#### [What you should do]
In the listing below, locate the line that contains "esercizio: words::read2(v, at" and the line that contains "let c = entries_again(m, b, s, v, n);". Restate word for word those two lines and every line between them, and nothing else.

┌─ Information supplied

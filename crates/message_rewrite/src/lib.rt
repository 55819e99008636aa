// Reads an outcome message and writes it again from the values read (Req 01).
#![tactic(auto)]

ghost use Rattle.std.specs.Prelude.{◌≡◌, ◌+◌, ◌*◌, ◌≤◌, length};
ghost use Rattle.tree.specs.Written.{bytes_of};
ghost use Rattle.message_pen.specs.Parts.{RoomFor, WroteAll, RoomOf, WroteTree};
ghost use Rattle.message_rewrite.specs.Again.{span_at, text_shown, PairAt, operation_by, said_at, entry_again, EntryAt, entries_again, EntriesAt, given_at, head_again, HeadAt, message_again, AllAt, again_reply, again_buffer};
ghost use Rattle.message_rewrite.specs.Promise.{RewriteIn, RewritePromise};

use calendar::Date;
use codes::Operation;
use editions::Edition;
use header::Span;
use message_pen::{Given, Saying};

// Document 02's numbers of an answer.
// Code and values stand side by side, since C takes them one by one (`hondivole_message_rewrite`).
#[derive(Clone, Copy)]
pub struct RewriteReply {
    pub code: u64,
    pub length: u64,
}

// Where the text stands that a pair of place and length shows.
fn span_at(v: &[u8], at: usize) -> Span
    requires { at + 8 ≤ length v.now }
    ensures { result ≡ span_at v.now at }
{
    let from = words::read4(v, at) as usize;
    let length = words::read4(v, at + 4) as usize;
    Span {
        from,
        to: from + length,
    }
}

// The text of a pair.
fn text_at<'a>(s: &'a [u8], v: &[u8], at: usize) -> &'a [u8]
    requires { PairAt s.now v.now at }
    ensures { result.now ≡ text_shown s.now v.now at }
{
    header::part_at(s, span_at(v, at))
}

fn operation_by(n: u8) -> Operation
    ensures { result ≡ operation_by n }
{
    match n {
        1 => Operation::Inserimento,
        2 => Operation::Variazione,
        3 => Operation::Annullo,
        _ => Operation::Sostituzione,
    }
}

// What an entry says but for its texts, of its 48 bytes.
fn said_at(v: &[u8], at: usize) -> Saying
    requires { at + 48 ≤ length v.now }
    ensures { result ≡ said_at v.now at }
{
    let date = Date {
        year: words::read2(v, at + 12),
        month: u64::from(scan::byte(v, at + 14)),
        day: u64::from(scan::byte(v, at + 15)),
    };
    Saying {
        kind: scan::byte(v, at),
        operation: operation_by(scan::byte(v, at + 1)),
        code: u64::from(scan::byte(v, at + 2)),
        esercizio: words::read2(v, at + 4),
        number: words::read4(v, at + 8),
        date,
        total: words::read8(v, at + 16),
    }
}

// An entry, from its 48 bytes and the message that its texts are parts of.
fn entry_again(m: &mut [u8], to: usize, s: &[u8], v: &[u8], at: usize) -> usize
    requires { (at + 48 ≤ length v.now) × EntryAt s.now v.now at × RoomOf to (entry_again s.now v.now at) }
    ensures { WroteTree m.old m.new to (entry_again s.now v.now at) result }
{
    let flow = text_at(s, v, at + 24);
    let time = text_at(s, v, at + 32);
    message_pen::entry(m, to, said_at(v, at), flow, time)
}

// The n entries.
fn entries_again(m: &mut [u8], to: usize, s: &[u8], v: &[u8], n: usize) -> usize
    requires { (80 + 48 * n ≤ length v.now) × EntriesAt s.now v.now 80 n × RoomFor to (entries_again s.now v.now 80 n) }
    ensures { WroteAll m.old m.new to (entries_again s.now v.now 80 n) result }
{
    let mut a = to;
    for k in 0..n {
        a = entry_again(m, a, s, v, 80 + 48 * k);
    }
    a
}

// Where the texts of the header stand, and identificativo_flusso_BT.
fn given_at(v: &[u8]) -> Given
    requires { 80 ≤ length v.now }
    ensures { result ≡ given_at v.now }
{
    Given {
        created: span_at(v, 8),
        ente: span_at(v, 16),
        described: span_at(v, 24),
        istat: span_at(v, 32),
        fiscal: span_at(v, 40),
        tramite: span_at(v, 48),
        bank: span_at(v, 56),
        flow: span_at(v, 72),
    }
}

// What stands before the entries.
fn head_again(m: &mut [u8], to: usize, s: &[u8], v: &[u8]) -> usize
    requires { HeadAt s.now v.now × RoomFor to (head_again s.now v.now) }
    ensures { WroteAll m.old m.new to (head_again s.now v.now) result }
{
    let abi = text_at(s, v, 0);
    let body = text_at(s, v, 64);
    message_pen::beginning(m, to, abi, s, given_at(v), body)
}

// The whole message.
fn again(m: &mut [u8], s: &[u8], v: &[u8], n: usize) -> usize
    requires { (80 + 48 * n ≤ length v.now) × AllAt s.now v.now n × RoomOf 0 (message_again s.now v.now n) }
    ensures { WroteTree m.old m.new 0 (message_again s.now v.now n) result }
{
    let a = pen::open_tag(m, 0, b"messaggi_esito_applicativo");
    let b = head_again(m, a, s, v);
    let c = entries_again(m, b, s, v, n);
    pen::close_tag(m, c, b"messaggi_esito_applicativo")
}

fn no_message(code: u64) -> RewriteReply
    ensures { result ≡ record { code = code; length = 0 } }
{
    RewriteReply { code, length: 0 }
}

// Counted first, then 40, or it is written.
fn counted(b: &mut [u8], s: &[u8], v: &[u8], n: usize) -> RewriteReply
    requires { (80 + 48 * n ≤ length v.now) × AllAt s.now v.now n × RoomOf 0 (message_again s.now v.now n) }
    ensures { (result ≡ again_reply (length b.old) (bytes_of (message_again s.now v.now n)))
        × (b.new ≡ again_buffer b.old (bytes_of (message_again s.now v.now n))) }
{
    let mut none = [0u8; 1];
    let to = again(&mut none, s, v, n);
    if b.len() < to {
        return no_message(40);
    }
    RewriteReply {
        code: 0,
        length: again(b, s, v, n) as u64,
    }
}

// Reads a message of an edition and writes it again.
fn rewrite_in(s: &[u8], ed: Edition, b: &mut [u8]) -> RewriteReply
    ensures { RewriteIn ed s.now b.old result b.new }
{
    let mut values = [0u8; 3152];
    let r = message_read::read_in(s, ed, &mut values);
    if r.code != 0 {
        return no_message(r.code);
    }
    counted(b, s, &values, r.entries as usize)
}

// Reads a message of the edition of a number and writes it again. Every byte of the buffer is determined, and none changes where the call is refused.
pub fn rewrite_message(edition: u64, s: &[u8], b: &mut [u8]) -> RewriteReply
    ensures { RewritePromise edition s.now b.old result b.new }
{
    let Some(e) = editions::edition_of(edition) else {
        return no_message(23);
    };
    rewrite_in(s, e, b)
}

└─

#### [Response to this task]
        esercizio: words::read2(v, at + 4),
        number: words::read4(v, at + 8),
        date,
        total: words::read8(v, at + 16),
    }
}

// An entry, from its 48 bytes and the message that its texts are parts of.
fn entry_again(m: &mut [u8], to: usize, s: &[u8], v: &[u8], at: usize) -> usize
    requires { (at + 48 ≤ length v.now) × EntryAt s.now v.now at × RoomOf to (entry_again s.now v.now at) }
    ensures { WroteTree m.old m.new to (entry_again s.now v.now at) result }
{
    let flow = text_at(s, v, at + 24);
    let time = text_at(s, v, at + 32);
    message_pen::entry(m, to, said_at(v, at), flow, time)
}

// The n entries.
fn entries_again(m: &mut [u8], to: usize, s: &[u8], v: &[u8], n: usize) -> usize
    requires { (80 + 48 * n ≤ length v.now) × EntriesAt s.now v.now 80 n × RoomFor to (entries_again s.now v.now 80 n) }
    ensures { WroteAll m.old m.new to (entries_again s.now v.now 80 n) result }
{
    let mut a = to;
    for k in 0..n {
        a = entry_again(m, a, s, v, 80 + 48 * k);
    }
    a
}

// Where the texts of the header stand, and identificativo_flusso_BT.
fn given_at(v: &[u8]) -> Given
    requires { 80 ≤ length v.now }
    ensures { result ≡ given_at v.now }
{
    Given {
        created: span_at(v, 8),
        ente: span_at(v, 16),
        described: span_at(v, 24),
        istat: span_at(v, 32),
        fiscal: span_at(v, 40),
        tramite: span_at(v, 48),
        bank: span_at(v, 56),
        flow: span_at(v, 72),
    }
}

// What stands before the entries.
fn head_again(m: &mut [u8], to: usize, s: &[u8], v: &[u8]) -> usize
    requires { HeadAt s.now v.now × RoomFor to (head_again s.now v.now) }
    ensures { WroteAll m.old m.new to (head_again s.now v.now) result }
{
    let abi = text_at(s, v, 0);
    let body = text_at(s, v, 64);
    message_pen::beginning(m, to, abi, s, given_at(v), body)
}

// The whole message.
fn again(m: &mut [u8], s: &[u8], v: &[u8], n: usize) -> usize
    requires { (80 + 48 * n ≤ length v.now) × AllAt s.now v.now n × RoomOf 0 (message_again s.now v.now n) }
    ensures { WroteTree m.old m.new 0 (message_again s.now v.now n) result }
{
    let a = pen::open_tag(m, 0, b"messaggi_esito_applicativo");
    let b = head_again(m, a, s, v);
    let c = entries_again(m, b, s, v, n);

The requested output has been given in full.